* YOUR INSTRUCTIONS *
Your reply should be made up of every line in the records below that holds the string "hands".

* INPUT MATERIAL *
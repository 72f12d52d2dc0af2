ghost use Rattle.std.specs.Prelude.{◌≡◌, true, ◌≤◌, ◌<◌, pos};
ghost use Rattle.state.specs.Units.{micros, offset_units};
ghost use Rattle.state.specs.Device.{device_of};
ghost use Rattle.state.specs.State.{within, last_second};
ghost use Rattle.clock.specs.Rollover.{maxerror_grown, interval_grown, share_divisor, share, rolled_over};
ghost use Rattle.clock.specs.Inner.{greatest_share, increments_for, leap_of};

use crate::sound::Sound;
use state::{
    Clock, MAX_ERROR, MAX_INTERVAL, Micros, OffsetUnits, PhaseParts, PhaseUnits, SECONDS_PER_DAY,
    TIME_DEL, TIME_INS, TIME_OK, TIME_OOP,
};

// README.kern's tolerance of 100 ppm: what a second may add to the maximum error (us).
const TOLERANCE: u32 = 100;

// What a share is of the offset that is left, at time constant 0.
const SHARE_DIVISOR: i32 = 1024;

// `label` has this number too, in private: a public constant would want a promise.
const LAST_SECOND_OF_DAY: u32 = SECONDS_PER_DAY - 1;

// The second and the status that a leap step leads to.
#[derive(Clone, Copy)]
struct Leap {
    seconds: u32,
    status: u8,
}

// The step of a status that may have one.
fn stepped(status: u8, s: u32) -> Leap
    requires { (0 < s) × (s ≤ last_second) }
    ensures { result ≡ leap_of status s }
{
    match status {
        TIME_INS if s % SECONDS_PER_DAY == 0 => Leap {
            seconds: s - 1,
            status: TIME_OOP,
        },
        TIME_DEL if s % SECONDS_PER_DAY == LAST_SECOND_OF_DAY => Leap {
            seconds: s + 1,
            status: TIME_OK,
        },
        TIME_OOP => Leap {
            seconds: s,
            status: TIME_OK,
        },
        _ => Leap { seconds: s, status },
    }
}

// The step at a status, when the rollover has reached second s. The codes that may step are one arm: nearly
// every second ends OK or BAD, which then costs one test and not three (with one match a second of ticks
// takes 138 instructions for 126). A status is a number, as C hands it over, and so it is matched.
fn leap_step(status: u8, s: u32) -> Leap
    requires { (0 < s) × (s ≤ last_second) }
    ensures { result ≡ leap_of status s }
{
    match status {
        TIME_INS | TIME_DEL | TIME_OOP => stepped(status, s),
        _ => Leap { seconds: s, status },
    }
}

impl Sound {
    // The maximum error a second later.
    fn maxerror_grown(self) -> Micros
        ensures { result ≡ micros (maxerror_grown self.clock.maxerror.0) }
    {
        Micros((self.clock.maxerror.0 + TOLERANCE).min(MAX_ERROR))
    }

    // The interval since the earlier update, a rollover later. Without one its limit is 0, and it stays 0.
    fn interval_grown(self) -> u32
        ensures { result ≡ interval_grown self.clock.updated self.clock.interval }
    {
        let n = self.clock.interval;
        if n < self.clock.updated as u32 * MAX_INTERVAL {
            return n + 1;
        }
        n
    }

    fn share_divisor(self) -> i32
        ensures { result ≡ pos (share_divisor self.clock.constant) }
    {
        SHARE_DIVISOR << self.clock.constant
    }

    fn share(self) -> OffsetUnits
        ensures { result ≡ offset_units (share self.clock) }
    {
        OffsetUnits(self.clock.offset.0 / self.share_divisor())
    }

    // What each tick adds with a share in force: the adjustment to the phase, the remainder to the leftover.
    pub(crate) fn increments(self, share: OffsetUnits) -> (PhaseUnits, PhaseParts)
        requires { within greatest_share share.0 ≡ true }
        ensures { result ≡ increments_for (device_of self.clock.kind) share.0 self.clock.frequency.0 }
    {
        let frequency = self.divide(self.clock.frequency.0);
        let device = self.device();
        let adjustment = device.scale as i32 * share.0 + frequency.quotient.0 + device.base.0;
        (PhaseUnits(adjustment), frequency.remainder)
    }

    // A rollover: second_overflow() of RFC 1589. The leap step is looked for behind the increments: before
    // them it costs a tick two instructions more.
    pub(crate) fn rollover(self) -> Sound
        requires { self.clock.seconds < last_second }
        ensures { result.clock ≡ rolled_over self.clock }
    {
        let share = self.share();
        let (adjustment, remainder) = self.increments(share);
        let leap = leap_step(self.clock.status, self.clock.seconds + 1);
        let clock = Clock {
            seconds: leap.seconds,
            offset: OffsetUnits(self.clock.offset.0 - share.0),
            adjustment,
            interval: self.interval_grown(),
            maxerror: self.maxerror_grown(),
            status: leap.status,
            remainder,
            ..self.clock
        };
        Sound { clock }
    }
}
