// Ticks of one second in one step, by products and divisions: specs/Inner.antt.
ghost use Rattle.std.specs.Prelude.{◌≡◌, ◌-◌, ◌*◌, ◌≤◌, ◌<◌};
ghost use Rattle.state.specs.Device.{device_of};
ghost use Rattle.state.specs.Inner.{longest_tick};
ghost use Rattle.state.specs.Units.{phase_units_per_micro};
ghost use Rattle.clock.specs.Inner.{Within, reached_after, jump_of};

use crate::divided::Divided;
use crate::sound::Sound;
use crate::timer::Advance;
use state::{KIND_1024, LAST_MICRO, Micros, PHASE_PER_MICRO, PhaseUnits};

// The longest ticks that go into a microsecond, of some 3,907.13 and 976.78 us (2^-32 ticks, rounded down):
// to divide by a product.
const PER_MICRO_256: u64 = 1099264;

const PER_MICRO_1024: u64 = 4397057;

const PER_MICRO_UNIT: u64 = 4294967296;

// The kind is a number and not an enum: C hands it over, and any byte may come.
fn per_micro(kind: u8) -> u64
    ensures { (result ≤ 4294967296) × (result * longest_tick (device_of kind) ≤ 4294967296 * phase_units_per_micro) }
{
    match kind {
        KIND_1024 => PER_MICRO_1024,
        _ => PER_MICRO_256,
    }
}

// A number of ticks of a clock, none of which but the last can reach the end of the second.
#[derive(Clone, Copy)]
pub(crate) struct Jump {
    pub(crate) from: Sound,
    pub(crate) ticks: u64,
    ghost within: { Within (ticks - 1) from.clock },
}

impl Jump {
    // As many ticks as are sure to be such, but at most `most`. Any such number would do.
    pub(crate) fn of(s: Sound, most: u64) -> Jump
        requires { 0 < most }
        ensures { (result.from ≡ s) × (0 < result.ticks) × (result.ticks ≤ most) }
    {
        let j = (LAST_MICRO - s.clock.micros.0) as u64 * per_micro(s.clock.kind) / PER_MICRO_UNIT
            + 1;
        Jump {
            from: s,
            ticks: j.min(most),
        }
    }

    // All but the last.
    pub(crate) fn less_a_tick(self) -> Jump
        requires { 0 < self.ticks }
        ensures { (result.from ≡ self.from) × (result.ticks ≡ self.ticks - 1) }
    {
        Jump {
            from: self.from,
            ticks: self.ticks - 1,
        }
    }

    // What the leftover has reached: the remainder is the same at each tick.
    fn reached(self) -> Divided
        ensures { result ≡ reached_after self.ticks self.from.clock }
    {
        let c = self.from.clock;
        self.from
            .divide(c.leftover.0 + self.ticks as i32 * c.remainder.0)
    }

    // The microseconds, the phase and the leftover that the ticks lead to.
    pub(crate) fn advance(self) -> Advance
        ensures { result ≡ jump_of self.ticks self.from.clock }
    {
        let c = self.from.clock;
        let j = self.ticks;
        let reached = self.reached();
        let sum = (c.phase.0 + reached.quotient.0) as i64 + j as i64 * c.adjustment.0 as i64;
        let carry = sum / PHASE_PER_MICRO as i64;
        let micros = c.micros.0 as u64 + self.from.device().tick.0 as u64 * j;
        Advance {
            micros: Micros((micros as i64 + carry) as u32),
            phase: PhaseUnits((sum - carry * PHASE_PER_MICRO as i64) as i32),
            leftover: reached.remainder,
        }
    }
}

* TASK SOLUTION *
// takes 138 instructions for 126). A status is a number, as C hands it over, and so it is matched.
// The kind is a number and not an enum: C hands it over, and any byte may come.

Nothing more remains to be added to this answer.